I had same Issue… Not sure it's linked but my /tmp and my / partitions are ~100% full. (ubuntu). (while my home partition containing my synced nextcloud folder had remaining space)

I had it too today, and my /tmp is empty ;-) It happened after a fresh login after a fresh boot.

More details:

It seems a bit like the client moved existing files to a file named .[originalfilename].~[six-character code] so my files are now named, for example: .announcement schedule.md.~57f373ce - the date of this file is still the original date, so last modified weeks, months or even years ago. Then, that file was copied to the original file again: .announcement schedule.md -> with the date of course being today. All those files were marked as new. So the original files were all deleted on the server. New files appeared... If the new files would have been uploaded I'm not sure - I stopped the sync at some point, after noticing the data loss, and started to restore things from trash while also locally making a copy of the affected folders to a backup location.

I restored everything by first resting from trash, then a copy from the backup folder (without overwrite).

Of course, all metadata (chat logs, comments, share links, favorites) were lost.

Both me and a colleague had this, just one day apart. She had just updated to 3.0.1, I did too. She's no mac, I'm on Linux. I'm now running the client with logging on and have over a dozen log files, but I'm guessing those aren't that helpful - the issue hasn't happened again...

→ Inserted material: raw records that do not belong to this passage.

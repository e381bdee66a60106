//! Steps in place.

ghost use Rattle.std.specs.Prelude.{◌≡◌, ◌<◌, ◌≤◌, ◌+◌, ◌-◌, ◌^◌, ◌++◌, List, ℕ, length, true, None};
ghost use Rattle.rv_code.specs.SequentialRun.{run};
ghost use Rattle.rv_code.specs.Step.{step};
ghost use Rattle.rv_run.specs.Pause.{pause_of, answer_of};
ghost use Rattle.rv_step.specs.InPlace.{machine_of};
ghost use Rattle.rv_run.specs.declared.piece.TheConstants.{PIECE_BYTES};
ghost use Rattle.rv_run.specs.declared.run.Paused.TheVariants as Paused;

use crate::piece::Piece;
use rv_step::{Job, State, Stepped, step_plain};

/// Why a run pauses.
#[derive(Clone, Copy, Debug, PartialEq, Eq)]
pub enum Paused {
    /// It has taken all its steps.
    Took,
    /// The piece is full.
    Full,
    /// The machine has stopped.
    Stopped,
}

/// Takes `n` steps of a job, fewer where the machine stops or the piece is full. What it puts out
/// goes to the piece. It takes no memory.
pub fn advance(job: &Job, state: &mut State, n: u64, out: &mut Piece) -> Paused
    requires room { length out.old < PIECE_BYTES }
    requires owned { state.old.image.owned ≡ true }
    requires within { state.old.count + n ≤ job.now.budget }
    ensures run { (before : List ℕ)
        → run job.now.program.code job.now.input (state.new.count - state.old.count)
        (machine_of state.old (before ++ out.old)) ≡ machine_of state.new (before ++ out.new) }
    ensures answer { result ≡ answer_of (pause_of state.new.stop out.new) }
    ensures took { result ≡ Paused.Took → state.new.count ≡ state.old.count + n }
    ensures moved { result ≡ Paused.Full → state.old.count < state.new.count }
    ensures least { state.old.count ≤ state.new.count }
    ensures most { state.new.count ≤ state.old.count + n }
    ensures kept { state.new.image.owned ≡ true }
{
    if state.stop.is_some() {
        return Paused::Stopped;
    }
    let end = state.count + n;
    while state.count < end {
        if let Some(why) = turn(job, state, out) {
            return why;
        }
    }
    Paused::Took
}

/// Takes a step, and answers why the run pauses, if it does.
fn turn(job: &Job, state: &mut State, out: &mut Piece) -> Option<Paused>
    requires going { state.old.stop ≡ None }
    requires low { state.old.count < 2 ^ 63 }
    requires room { length out.old < PIECE_BYTES }
    requires owned { state.old.image.owned ≡ true }
    ensures step { (before : List ℕ)
        → step job.now.program.code job.now.input (machine_of state.old (before ++ out.old))
        ≡ machine_of state.new (before ++ out.new) }
    ensures answer { result ≡ pause_of state.new.stop out.new }
    ensures count { state.new.count ≡ state.old.count + 1 }
    ensures most { length out.new ≤ PIECE_BYTES }
    ensures kept { state.new.image.owned ≡ true }
{
    let answer = step_plain(job, &mut state.cpu, &mut state.image);
    state.count += 1;
    match answer {
        Stepped::Plain | Stepped::Marked(_) => None,
        Stepped::Put(byte) => {
            out.push(byte);
            if out.is_full() {
                Some(Paused::Full)
            } else {
                None
            }
        }
        Stepped::Ended(how) => {
            state.stop = Some(how);
            Some(Paused::Stopped)
        }
        Stepped::NoMemory => unreachable!(),
    }
}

robuswalk commented 4 years ago

Hello ! i also have the same problem, in the last 4 months it has occurred 6 times with 4 different users (3 mac 1 pc). It happens that these clients randomly automatically delete folders (on the server), even nested ones, and then automatically start reloading them from scratch ... it's really frustrating, I've tried several solutions (update client, update, server, recreate the server from scratch, reinstalling everything) but the problem persists ...

er-vin commented 4 years ago

Hello ! i also have the same problem, in the last 4 months it has occurred 6 times with 4 different users (3 mac 1 pc). It happens that these clients randomly automatically delete folders, even nested ones, and then automatically start reloading them from scratch ... it's really frustrating, I've tried several solutions (update client, update, server, recreate the server from scratch, reinstalling everything) but the problem persists ...

I think what you're describing is #260 which is a slightly different issue. #1433 has the client issuing removals on the server as well.

Christophe31 commented 4 years ago

Some of my team mate more aware than I am confirmed me that in my case too, some files were never re-oploaded.